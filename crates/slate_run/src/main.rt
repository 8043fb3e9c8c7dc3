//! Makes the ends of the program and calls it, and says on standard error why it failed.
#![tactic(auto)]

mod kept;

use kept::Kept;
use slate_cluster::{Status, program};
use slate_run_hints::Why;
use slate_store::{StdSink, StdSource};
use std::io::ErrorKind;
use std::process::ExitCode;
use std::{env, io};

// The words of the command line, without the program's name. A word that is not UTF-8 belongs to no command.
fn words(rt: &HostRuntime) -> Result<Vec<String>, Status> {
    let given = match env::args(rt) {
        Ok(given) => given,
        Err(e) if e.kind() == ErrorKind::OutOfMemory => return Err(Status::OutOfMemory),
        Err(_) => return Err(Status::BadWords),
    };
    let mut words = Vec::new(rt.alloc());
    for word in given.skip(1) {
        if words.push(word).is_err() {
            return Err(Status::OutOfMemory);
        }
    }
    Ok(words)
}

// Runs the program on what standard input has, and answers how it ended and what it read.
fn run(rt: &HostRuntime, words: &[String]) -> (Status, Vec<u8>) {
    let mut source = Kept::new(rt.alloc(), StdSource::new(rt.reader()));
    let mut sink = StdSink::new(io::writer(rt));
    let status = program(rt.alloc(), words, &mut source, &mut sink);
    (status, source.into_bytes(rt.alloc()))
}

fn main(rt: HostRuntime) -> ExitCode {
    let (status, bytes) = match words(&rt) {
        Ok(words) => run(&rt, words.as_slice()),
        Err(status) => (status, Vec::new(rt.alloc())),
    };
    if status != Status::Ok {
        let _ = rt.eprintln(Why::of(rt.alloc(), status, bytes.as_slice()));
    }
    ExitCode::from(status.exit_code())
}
^^^^^^^^^^^^^^^^
Exercise directions: Go through the listing above and write out exactly the lines starting with the one holding "use std::process::ExitCode;" and running through the one holding "fn run(rt: &HostRuntime, words: &[String])", ends included, and no others.

Worked solution:
use std::process::ExitCode;
use std::{env, io};

// The words of the command line, without the program's name. A word that is not UTF-8 belongs to no command.
fn words(rt: &HostRuntime) -> Result<Vec<String>, Status> {
    let given = match env::args(rt) {
        Ok(given) => given,
        Err(e) if e.kind() == ErrorKind::OutOfMemory => return Err(Status::OutOfMemory),
        Err(_) => return Err(Status::BadWords),
    };
    let mut words = Vec::new(rt.alloc());
    for word in given.skip(1) {
        if words.push(word).is_err() {
            return Err(Status::OutOfMemory);
        }
    }
    Ok(words)
}

// Runs the program on what standard input has, and answers how it ended and what it read.
fn run(rt: &HostRuntime, words: &[String]) -> (Status, Vec<u8>) {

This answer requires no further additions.